A few institutions, of which my own is one, have introduced courses in the performance practices of early music. At Stanford the courses parallel those of the history series: Middle Ages, Renaissance, Early Baroque, Late Baroque and Classic. Needless to say there are problems. It is obviously essential that the teachers themselves be performers who have mastered the various styles and techniques. At present both individual and class instruction is given in stringed instruments (viols and violins), woodwinds (recorders, krummhorns, flutes and oboes), keyboard instruments (harpsichord, clavichord and organ) and voice. The number of course units is adjusted to the normal requirements for the B.A. and M.A. with a major in music. Practice hours are long, but probably no more time consuming than the laboratory work required for the natural sciences. It is, of course, impossible to acquire professional standards of proficiency within the four- or five-year span of the liberal arts education. Students who have completed these courses, however, are eligible to enter the Doctor of Musical Arts program with a concentration in performance practice.

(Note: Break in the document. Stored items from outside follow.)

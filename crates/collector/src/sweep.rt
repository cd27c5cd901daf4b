ghost use Rattle.std.specs.Prelude.{◌≡◌, ◌⊎◌, Some, None};
ghost use Rattle.collector.specs.Advancing.{Advances, HasAsked, IsKept, IsLiftedOf, stage_of};
ghost use Rattle.collector.specs.Left.{left_of};
ghost use Rattle.collector.specs.Sweeping.{first_of, fresh, rest_of, stage_at, told, turn};
ghost use Rattle.world_model.specs.Reply as reply;

use crate::left::Left;
use crate::{NoMemory, Progress};
use graph_value::Oid;
use std::alloc::{AllocError, Global};
use world_model::{GraphStore, InstallRefused, Lifted, Marked, Piece};

/// A sweep over all objects of a store, on its way. What was lifted of an object is kept until its next step, so that other
/// callers have their turn in between.
#[derive(Drop)]
pub struct Sweep {
    begun: Option<u64>,
    left: Left,
    kept: Option<Lifted>,
}

impl Sweep {
    /// A sweep that hasn't begun. Takes no memory.
    pub fn new() -> Sweep
        ensures { stage_of result ≡ fresh }
    {
        Sweep {
            begun: None,
            left: Left::below(0, 0),
            kept: None,
        }
    }

    /// One step: at most one event is sent, and what was answered is told. First the mark is asked for; then of each vertex
    /// and of each edge, ascending, what has expired is lifted and, where that is something, installed. After `End` nothing
    /// is sent, and it is told again.
    ///
    /// The error says that memory was wanting; the next step lifts the same object.
    ///
    /// What the sweep keeps is of the store, which may have been used in between.
    pub fn advance<S: GraphStore>(
        &mut self,
        rt: &S::Rt,
        alloc: Global,
        store: &mut S,
    ) -> Result<Progress, NoMemory>
        requires { IsKept S.stands self.old.kept store.old }
        ensures turns { Advances S.stands S.caller S.alone (stage_of self.old) (stage_of self.new)
            store.old store.new result }
        ensures keeps { IsKept S.stands self.new.kept store.new }
        ensures stays { S.running store.new ≡ S.running store.old }
    {
        let Some(mark) = self.begun else {
            let marked = store.mark(rt, alloc);
            return Ok(self.begin(marked));
        };
        let Some(x) = self.left.first() else {
            return Ok(Progress::End(mark));
        };
        match self.kept.take() {
            None => self.lift(rt, alloc, store, mark, x),
            Some(lifted) => self.install(rt, alloc, store, mark, x, lifted),
        }
    }

    fn begin(&mut self, marked: Marked) -> Progress
        requires { self.old.begun ≡ None }
        ensures told { turn (stage_of self.old) (reply.Marked marked) ≡ told result (stage_of self.new) }
    {
        self.begun = Some(marked.mark);
        self.left = Left::below(marked.vertices, marked.edges);
        self.kept = None;
        Progress::Marked(marked.mark)
    }

    /// The first object is done.
    fn pass(&mut self, mark: u64)
        requires { self.old.begun ≡ Some mark }
        ensures { stage_of self.new ≡ stage_at mark (rest_of (left_of self.old.left)) }
    {
        self.left = self.left.rest();
        self.kept = None;
    }

    /// Keeps what was lifted of an object, where that is something.
    fn keep(&mut self, mark: u64, x: Oid, lifted: Lifted) -> Progress
        requires begun { self.old.begun ≡ Some mark }
        requires first { first_of (left_of self.old.left) ≡ Some x }
        requires kept { self.old.kept ≡ None }
        ensures told { turn (stage_of self.old) (reply.Lifted lifted) ≡ told result (stage_of self.new) }
        ensures keeps { self.new.kept ≡ None ⊎ (self.new.kept ≡ Some lifted) }
    {
        let count = lifted.tail.deltas.len() as u64;
        if count == 0 {
            self.pass(mark);
            Progress::Nothing(x)
        } else {
            self.kept = Some(lifted);
            Progress::Lifted(x, count)
        }
    }

    fn lift<S: GraphStore>(
        &mut self,
        rt: &S::Rt,
        alloc: Global,
        store: &mut S,
        mark: u64,
        x: Oid,
    ) -> Result<Progress, NoMemory>
        requires begun { self.old.begun ≡ Some mark }
        requires first { first_of (left_of self.old.left) ≡ Some x }
        requires kept { self.old.kept ≡ None }
        ensures turns { HasAsked S.stands S.caller S.alone (stage_of self.old) (stage_of self.new)
            store.old store.new result }
        ensures keeps { IsKept S.stands self.new.kept store.new }
        ensures stays { S.running store.new ≡ S.running store.old }
    {
        match store.lift(rt, alloc, x) {
            Ok(lifted) => Ok(self.keep(mark, x, lifted)),
            Err(_) => Err(AllocError),
        }
    }

    fn install<S: GraphStore>(
        &mut self,
        rt: &S::Rt,
        alloc: Global,
        store: &mut S,
        mark: u64,
        x: Oid,
        lifted: Lifted,
    ) -> Result<Progress, NoMemory>
        requires begun { self.old.begun ≡ Some mark }
        requires first { first_of (left_of self.old.left) ≡ Some x }
        requires kept { self.old.kept ≡ None }
        requires of { IsLiftedOf S.stands store.old lifted }
        ensures turns { Advances S.stands S.caller S.alone
            (record (stage_of self.old) { kept = Some lifted }) (stage_of self.new)
            store.old store.new result }
        ensures keeps { self.new.kept ≡ None }
        ensures stays { S.running store.new ≡ S.running store.old }
    {
        let piece = Piece::build(alloc, lifted)?;
        let moved = piece.moved;
        match store.install(rt, alloc, piece) {
            Ok(()) => {
                self.pass(mark);
                Ok(Progress::Moved(x, moved))
            }
            Err(InstallRefused::Stale { cut }) => {
                self.pass(mark);
                Ok(Progress::Stale(x, cut))
            }
            Err(InstallRefused::NoMemory(_)) => Err(AllocError),
        }
    }
}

One more point remains to be considered. The unwritten conventions in the interpretation of written notes did not cease to change at the time of Bach, or at the time of Mozart, or even at the time of Schonberg. One wonders how Chopin would feel could he hear our modern Knights of the Keyboard thundering through his Scherzi and Ballades at a speed and volume that were unheard of in the 1840's. I believe we are badly in need of an Aufführungspraxis romantischer Musik, if only we could find anyone qualified to teach it. Furthermore, how many conservatory students can read a score by Boulez, or follow Elliot Carter's "metrical modulations," or actually put into practice Henri Pousseur's "qualitative aperiodicity" (which, incidentally, bears a strange resemblance to Frescobaldi's type of rubato)? I, for one, look forward to the time when all performance courses will consist chiefly in instruction in performance practice. In this way they will contribute to a more valid study of stylistic analysis that is based on manifestations of the "music itself" rather than on written scores that are only prescriptions for music. At the same time they will fulfill not only the requirements but the needs of the liberal arts education.